__How to complete this task__. Give back exactly the lines of the material below, starting with the line with "answered to packets." and going on through the line with "of its context.".

╔══

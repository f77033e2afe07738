//! Laws of the definitions, each proved as the contract of a function that does nothing.
ghost use Rattle.bpf_steps.specs.ByAddress.{MemoryIsItsAddresses};
ghost use Rattle.bpf_machine.specs.CallLaws.{PointerFollowsDepth, CallsGoDeeper, CallsFindZeros, CallsForgetTheFrame, LastFrameCallsNone, ReturnsGiveBack};
ghost use Rattle.bpf_machine.specs.Fields.{EntriesFit};
ghost use Rattle.bpf_machine.specs.StepLaws.{StepsKeepRegisters, StepsKeepBytes, StepsKeepTheRest, EndsKeepAllElse};

/// Memory read by address: what regions, runs, numbers, stores and cells mean.
#[tactic(none)]
pub fn memory_by_address()
    ensures { MemoryIsItsAddresses }
{}

/// Steps are local: a step changes the register that its instruction names, the one run of its
/// entry, pc and the status; a call and a return besides the frames with r10, a return r6 to r9, a
/// trace the trace list; and one that ends the machine the status alone.
#[tactic(none)]
pub fn steps_are_local()
    ensures registers { StepsKeepRegisters }
    ensures bytes { StepsKeepBytes }
    ensures rest { StepsKeepTheRest }
    ensures ends { EndsKeepAllElse }
{}

/// A function begins with a frame of zeros, whatever stood there: two states that differ in that
/// frame alone lead to one state. In the last frame a call changes the status alone.
#[tactic(none)]
pub fn calls_clear_their_frame()
    ensures zeros { CallsFindZeros }
    ensures forget { CallsForgetTheFrame }
    ensures last { LastFrameCallsNone }
{}

/// Local calls: r10 follows the depth, a call goes one deeper, and the return to its frame gives r6
/// to r9 and the depth back.
#[tactic(none)]
pub fn returns_give_back()
    ensures pointer { PointerFollowsDepth }
    ensures calls { CallsGoDeeper }
    ensures returns { ReturnsGiveBack }
{}

/// The parts of each entry fit their fields in a journal.
#[tactic(none)]
pub fn entries_fit()
    ensures { EntriesFit }
{}
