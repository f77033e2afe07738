//! A session is served to gdb over any reader and any writer.
use bpf_journal::RingKeeper;
use bpf_remote::{Layout, Target, Wanted, serve};
use bpf_session::{Counted, Session};
use std::alloc::Global;

/// What is answered to packets.
pub fn answers(
    alloc: Global,
    session: &mut Session<RingKeeper>,
    packets: &[u8],
) -> Option<Vec<u8>> {
    let mut wanted = Wanted::new(alloc).ok()?;
    let mut answers = Counted::new(Vec::new(alloc));
    let mut packets = Counted::new(packets);
    serve(
        alloc,
        Target {
            layout: Layout::X86,
            names: None,
            places: None,
        },
        session,
        &mut wanted,
        &mut packets,
        &mut answers,
    )
    .ok()?;
    Some(answers.into_inner())
}
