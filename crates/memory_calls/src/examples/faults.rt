//! Faults are printed, and passed on by `?`.
use bpf_isa::{LoadFault, MapTable, check};
use bpf_machine::{Cpu, OpenFault};
use bpf_text::{AsmFault, assemble};
use std::alloc::Global;
use thiserror::Error;

/// Why there is no machine for a listing.
#[derive(Debug, Drop, Error)]
pub enum MachineFault {
    #[error(transparent)]
    Listing(#[from] AsmFault),
    #[error(transparent)]
    Program(#[from] LoadFault),
    #[error(transparent)]
    Opening(#[from] OpenFault),
}

/// A machine for a listing and a context.
fn machine_for(alloc: Global, listing: &[u8], context: &[u8]) -> Result<Cpu, MachineFault> {
    let words = assemble(alloc, listing)?;
    let program = check(alloc, &words, &MapTable::empty())?;
    Ok(Cpu::open(alloc, program, context)?)
}

/// What is printed of the fault of a listing, with a context of so many bytes; none where it has no
/// fault, or memory runs out.
pub fn printed(alloc: Global, listing: &[u8], length: usize) -> Option<String> {
    let context = vec![in alloc; 0; length].ok()?;
    let fault = machine_for(alloc, listing, &context).err()?;
    fault.to_string(alloc).ok()
}
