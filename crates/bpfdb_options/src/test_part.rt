//! The parts of a test that can be shown.
ghost use Rattle.std.specs.Prelude.{◌≡◌, IfNone, IfSome};
ghost use Rattle.bpfdb_options.specs.TestParts.{test_part_name};

/// A part of a test that is shown, as a file for `debug`, `origin` and tools of others.
#[derive(Clone, Copy)]
pub enum TestPart {
    /// The words of its program.
    Program,
    /// The bytes of its context.
    Context,
    /// The options that its program needs, one a line.
    Options,
    /// The commands that lead to where its program ends.
    Script,
}

impl TestPart {
    /// The part of this name.
    pub fn named(name: &str) -> Option<TestPart>
        ensures found { IfSome result (λ part. test_part_name part ≡ name.now) }
        ensures none { IfNone result ((part : TestPart) → test_part_name part ≡ name.now → ⊥) }
    {
        match name {
            "program" => Some(TestPart::Program),
            "context" => Some(TestPart::Context),
            "options" => Some(TestPart::Options),
            "script" => Some(TestPart::Script),
            _ => None,
        }
    }
}
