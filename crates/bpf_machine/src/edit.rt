//! Edits: what a user changes in a machine by hand.

use bpf_entries::ByteString;
use bpf_isa::Reg;
use thiserror::Error;

/// A change by hand. It is made in every status, and counts as a move.
#[derive(Drop)]
pub enum Edit {
    /// A register gets a value.
    Register {
        register: Reg,
        value: u64,
    },
    /// The run at an address gets other bytes.
    Bytes {
        address: u64,
        bytes: ByteString,
    },
    /// The cell of a map gets other bytes, as many as a value of the map has.
    Cell {
        map: u64,
        index: u64,
        bytes: ByteString,
    },
    /// Another instruction is the next to run, and the machine runs.
    Pc {
        slot: u64,
    },
}

/// Why an edit is refused. A refused edit changes nothing.
#[derive(Clone, Copy, Debug, Error)]
pub enum EditFault {
    /// Some byte of the run isn't present, or it lies in two regions.
    #[error("address not present")]
    AddressNotPresent,
    /// r10 is read-only.
    #[error("register not writable")]
    RegisterNotWritable,
    /// No instruction of the program starts at the slot.
    #[error("no instruction starts there")]
    NoStart,
    /// There is no such map, its cells end before the index, or its values have another length.
    #[error("no such cell or wrong length")]
    NoCell,
}
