//! A session runs a script over any reader and any writer.
use bpf_journal::RingKeeper;
use bpf_machine::Cpu;
use bpf_session::{Counted, Session, run};
use std::alloc::Global;

/// A session of a machine, with a ring for what is kept and one for what is taken back.
pub fn session(alloc: Global, cpu: Cpu) -> Option<Session<RingKeeper>> {
    let Ok(ring) = RingKeeper::open(alloc, 65_536) else {
        return None;
    };
    let Ok(redo) = RingKeeper::open(alloc, 65_536) else {
        return None;
    };
    Some(Session::open(cpu, ring, redo, 1_000_000))
}

/// What is replied to a script.
pub fn replies(alloc: Global, session: &mut Session<RingKeeper>, script: &[u8]) -> Option<Vec<u8>> {
    let mut replies = Counted::new(Vec::new(alloc));
    run(session, &mut Counted::new(script), &mut replies).ok()?;
    Some(replies.into_inner())
}
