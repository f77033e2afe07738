//! A machine takes steps until it has ended, and can be changed by hand.
use bpf_isa::{MapTable, Reg, check};
use bpf_machine::{Cpu, Edit, Status};
use std::alloc::Global;

/// mov r0, 40; add r0, 2; stb [r10-8], 7; exit.
const WORDS: [u8; 32] = [
    0xb7, 0, 0, 0, 40, 0, 0, 0, 0x07, 0, 0, 0, 2, 0, 0, 0, 0x72, 0x0a, 0xf8, 0xff, 7, 0, 0, 0,
    0x95, 0, 0, 0, 0, 0, 0, 0,
];

/// The machine before its first step.
pub fn machine(alloc: Global) -> Option<Cpu> {
    let program = check(alloc, &WORDS, &MapTable::empty()).ok()?;
    Cpu::open(alloc, program, b"the context").ok()
}

/// Takes the first step, changes r0 by hand, and takes the other three. Answers r0 before the change
/// and at the end, if the program has ended then.
pub fn play(cpu: &mut Cpu) -> Option<(u64, u64)> {
    let register = Reg::new(0)?;
    cpu.advance().ok()?;
    let before = cpu.reg(register);
    let value = 50;
    cpu.edit(&Edit::Register { register, value }).ok()?;
    for _ in 0..3 {
        cpu.advance().ok()?;
    }
    match cpu.status() {
        Status::Exited => Some((before, cpu.reg(register))),
        _ => None,
    }
}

╚══

__Finished task__.
/// What is answered to packets.
pub fn answers(
    alloc: Global,
    session: &mut Session<RingKeeper>,
    packets: &[u8],
) -> Option<Vec<u8>> {
    let mut wanted = Wanted::new(alloc).ok()?;
    let mut answers = Counted::new(Vec::new(alloc));
    let mut packets = Counted::new(packets);
    serve(
        alloc,
        Target {
            layout: Layout::X86,
            names: None,
            places: None,
        },
        session,
        &mut wanted,
        &mut packets,
        &mut answers,
    )
    .ok()?;
    Some(answers.into_inner())
}
filename crates/memory_calls/src/examples/faults.rt
//! Faults are printed, and passed on by `?`.
use bpf_isa::{LoadFault, MapTable, check};
use bpf_machine::{Cpu, OpenFault};
use bpf_text::{AsmFault, assemble};
use std::alloc::Global;
use thiserror::Error;

/// Why there is no machine for a listing.
#[derive(Debug, Drop, Error)]
pub enum MachineFault {
    #[error(transparent)]
    Listing(#[from] AsmFault),
    #[error(transparent)]
    Program(#[from] LoadFault),
    #[error(transparent)]
    Opening(#[from] OpenFault),
}

/// A machine for a listing and a context.
fn machine_for(alloc: Global, listing: &[u8], context: &[u8]) -> Result<Cpu, MachineFault> {
    let words = assemble(alloc, listing)?;
    let program = check(alloc, &words, &MapTable::empty())?;
    Ok(Cpu::open(alloc, program, context)?)
}

/// What is printed of the fault of a listing, with a context of so many bytes; none where it has no
/// fault, or memory runs out.
pub fn printed(alloc: Global, listing: &[u8], length: usize) -> Option<String> {
    let context = vec![in alloc; 0; length].ok()?;
    let fault = machine_for(alloc, listing, &context).err()?;
    fault.to_string(alloc).ok()
}
filename crates/bpfdb_options/src/test_part.rt
//! The parts of a test that can be shown.
ghost use Rattle.std.specs.Prelude.{◌≡◌, IfNone, IfSome};
ghost use Rattle.bpfdb_options.specs.TestParts.{test_part_name};

/// A part of a test that is shown, as a file for `debug`, `origin` and tools of others.
#[derive(Clone, Copy)]
pub enum TestPart {
    /// The words of its program.
    Program,
    /// The bytes of its context.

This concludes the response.